If you’re not longer in school, you likely will need to contact the registrar, admissions, and/or alumni services. If you want a new copy of your transcripts, any certificates, or diplomas after you’ve updated your name with them, you will need to order those.

I’ve been able to update my name for my GED, community colleges I attended, and my current school where I am completing my BA.

If you have membership in the US’s Trusted Traveler Program (Global Entry, TSA Pre, Nexus, etc.), once you have your new passport, you’ll have to visit a Global Entry office with your old and new passport, as well as a certified copy of the court order. No appointment is required and it’s a fairly quick process (though you may have to wait a bit). And yes, this is still true during the pandemic. I am not traveling at all right now, so I’m postponing this step currently despite having my new passport in hand.

Other organizations that require ID for travel might include car rental companies, hotel bookings, trains, and airlines. Here are a few examples:

  • Hertz requires a new driver’s license and is only updated when you pick-up a rental, so I’ve put this update on the backburner for the foreseeable future.
  • United has instructions for changing your name through my MileagePlus account, including uploading the supporting documentation needed. This worked perfectly the first time I changed my name, but more recently it did not - I had to call their support to get things taken care of and resubmit my documentation while on the phone.
  • Amtrak required that I email guest.rewards@amtrak.com with my current account name, member number, and copy of the court order. The subject was "Name Change" and in the body of the email I had to ask for my name to be updated to my new legal name.

Everything Else

I’ll give you some examples of this “everything else” category, because this is really going to depend on the person. I recommend looking through your password manager to see where you might need to update things. And if you need to update usernames, some sites allow you to do that (though you might have to email or call customer support), while others it may be easier to delete the account and create a new one.

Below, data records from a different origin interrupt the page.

//! Frames that are sealed.
ghost use Rattle.std.specs.Prelude.{◌≡◌, ◌<◌, ◌≤◌};

use anyhow::{Result, ensure};
use gp_base::{Key, Steps};
use gp_ccm::{TagSize, seal};
use std::marker::Brand;
use std::sync::ledger::{Blank, Ledger};

// The most command octets that a secured frame has.
const MOST: usize = 104;

const HEADER: [u8; 10] = [0x8c, 0x30, 0x21, 0x43, 0x65, 0x87, 0, 0, 0, 0];

const KEY: Key = Key([
    0xc0, 0xc1, 0xc2, 0xc3, 0xc4, 0xc5, 0xc6, 0xc7, 0xc8, 0xc9, 0xca, 0xcb, 0xcc, 0xcd, 0xce, 0xcf,
]);

// The sum over the tags of so many frames, with the frame counters from 0 on.
fn sum_of_tags<L: Ledger>(encrypt: bool, octets: usize, frames: u32, blank: Blank) -> u32
    requires octets { octets ≤ 104 }
    requires name { blank.name ≡ L.name }
    requires parts { blank.parts ≡ L.parts }
    requires some { 0 < L.parts }
{
    let mut steps = Steps::<L>::new(blank);
    let mut frame = [0x20u8; 114];
    frame[..10].copy_from_slice(&HEADER);
    let mut nonce = [
        0x21, 0x43, 0x65, 0x87, 0x21, 0x43, 0x65, 0x87, 0, 0, 0, 0, 0x05,
    ];
    let mut sum = 0u32;
    for counter in 0..frames {
        let number = counter.to_le_bytes();
        frame[6..10].copy_from_slice(&number);
        nonce[8..12].copy_from_slice(&number);
        let (aad, message) = if encrypt {
            (&frame[..10], &frame[10..10 + octets])
        } else {
            (&frame[..10 + octets], &frame[..0])
        };
        let sealed = seal(&KEY, &nonce, aad, message, TagSize::Four, &mut steps);
        for octet in sealed.tag.as_slice() {
            sum = sum.wrapping_mul(31).wrapping_add(*octet as u32);
        }
    }
    sum
}

/// Seals frames of a level, 2 or 3, with so many command octets, and prints how many and a sum over their tags.
pub fn run(rt: &HostRuntime, (level, octets, frames): (u32, u32, u32)) -> Result<()> {
    let octets = octets as usize;
    ensure!(level == 2 || level == 3, "no such level");
    ensure!(octets <= MOST, "too many octets");
    let sum = sum_of_tags::<Brand>(level == 3, octets, frames, Blank::new(1));
    println!(rt; "frames {frames} sum {sum}")?;
    Ok(())
}
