//! The commissioning of devices.
//! To the layer above, a commissioning command is an offer, or the first reason why there is none.
//! It has types alone so far, and no definition that a contract cites.
#![tactic(auto)]

mod offer;

pub use offer::{Offer, OfferReason, Offered};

While you can change your name yourself on REI’s website, that doesn’t actually update the name on your membership. You’ll need to call them to make the request.

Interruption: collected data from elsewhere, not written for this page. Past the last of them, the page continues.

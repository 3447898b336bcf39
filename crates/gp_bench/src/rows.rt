//! Pairings that are looked up.

use crate::store::filled;
use anyhow::{Context, Result, ensure};
use gp_base::Src;
use gp_rows::Table;

// The row of a SrcID, by a look at each row from the first on.
fn scanned(table: &Table, source: Src) -> Option<u16> {
    for at in 0..table.count() {
        if table.row(at).src.0 == source.0 {
            return Some(at);
        }
    }
    None
}

// The row of a SrcID, by halving or by a look at each row.
fn looked_up(table: &Table, source: Src, scan: bool) -> Option<u16> {
    if scan {
        scanned(table, source)
    } else {
        table.current(source)
    }
}

/// Looks up the pairings of so many rows in turn, so many times in all, and prints the sum of their numbers. With the last number
/// 1 each row is looked at in turn, as a table without an index would.
pub fn run(rt: &HostRuntime, (rows, lookups, scan): (u32, u32, u32)) -> Result<()> {
    ensure!(0 < rows && rows <= 1024, "1 to 1,024 rows");
    let store = filled(rt.alloc(), rows as u16).context("the store isn't filled")?;
    let table = store.rows();
    let mut sum = 0u64;
    for number in 0..lookups {
        let found = looked_up(table, Src(1 + number % rows), scan == 1);
        sum = sum.wrapping_add(u64::from(found.context("a pairing isn't found")?));
    }
    println!(rt; "rows {rows} sum {sum}")?;
    Ok(())
}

I’ve done wilderness first aid training with NOLS, and wanted to get a copy of my certifications with my new legal name. Thankfully, they make this pretty easy. They have a name change request form on their site (if you don’t have an account, you’ll need to create one with your old name so it can find you in their system). Once that request was approved and my account updated, I was able to email them to request new copies of my certificates.

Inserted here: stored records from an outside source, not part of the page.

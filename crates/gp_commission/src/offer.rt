//! What a device asks for, and why it isn't paired.

use gp_base::{Key, KeyKind, Level, Octets, Src};

/// What a device offers to be paired with (Zigbee PRO Green Power, A.4.2.1.1, GPD Commissioning).
#[derive(Clone, Copy, Debug, PartialEq, Eq)]
pub struct Offer {
    /// The device.
    pub src: Src,
    /// The key under which its frames will be secured.
    pub key: Key,
    /// The kind of that key.
    pub kind: KeyKind,
    /// The security level.
    pub level: Level,
    /// The DeviceID.
    pub device: u8,
    /// The counter that it last used.
    pub counter: u32,
}

/// What comes of a commissioning command that isn't refused.
#[derive(Clone, Debug, PartialEq, Eq, Drop)]
pub enum Offered {
    /// The device is to be paired.
    Pair(Offer),
    /// The device waits for a reply, and is paired once it says that it has it.
    Candidate {
        /// What it will be paired with.
        offer: Offer,
        /// The octets of the Commissioning Reply, its identifier first.
        reply: Octets,
    },
}

/// Why a device isn't paired: the first that applies.
#[derive(Clone, Copy, Debug, PartialEq, Eq)]
pub enum OfferReason {
    /// The sink isn't listening.
    NotListening,
    /// The SrcID isn't one that can be paired: 0x00000001 to 0xFFFFFFF8.
    BadSource,
    /// The security level is below 2, or none is said.
    LevelLow,
    /// There is no key, or its kind says that there is none.
    NoKey,
    /// The MIC of the wrapped key isn't right.
    KeyTag,
    /// The counter is the greatest there is, so no frame could follow.
    CounterEnd,
}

If you have an amateur radio license, you’ll need to update your information with the FCC. You’ll need to log-in to the ULS Online Filing system with your FRN and submit an administrative information update for your license. I didn’t include a scanned copy of the court order initially, and so it got bounced back to me, but after I attached the court order through the portal, it was approved pretty quickly and didn’t cost any money.


Some libraries might let you update via email or over the phone, while others might require you to come in person with your new ID. It really does vary.

Wrapping Up

I know a lot of these items were vague, but it’s pretty difficult to document this process for all of the organizations out there that require legal ID.

This also very specifically focused on legal ID and legal names. There are many more systems and places you might want to update your name (or username or email), and you could have a very long list when you include those as well. I had previously updated most of those during my first name change, so my second name change was very focused on the legal updates.

Where things were vague, the process I pretty consistently followed to figure things out was 1) search to see if there’s an obvious process, and 2) call (or email) customer support. Calling was almost always easier in the end, because there was a lot of misunderstanding along the way by folks who assumed I was changing my last name or other weird things.

Hope this helps and good luck - the process can feel daunting, but it's well worth it in the end.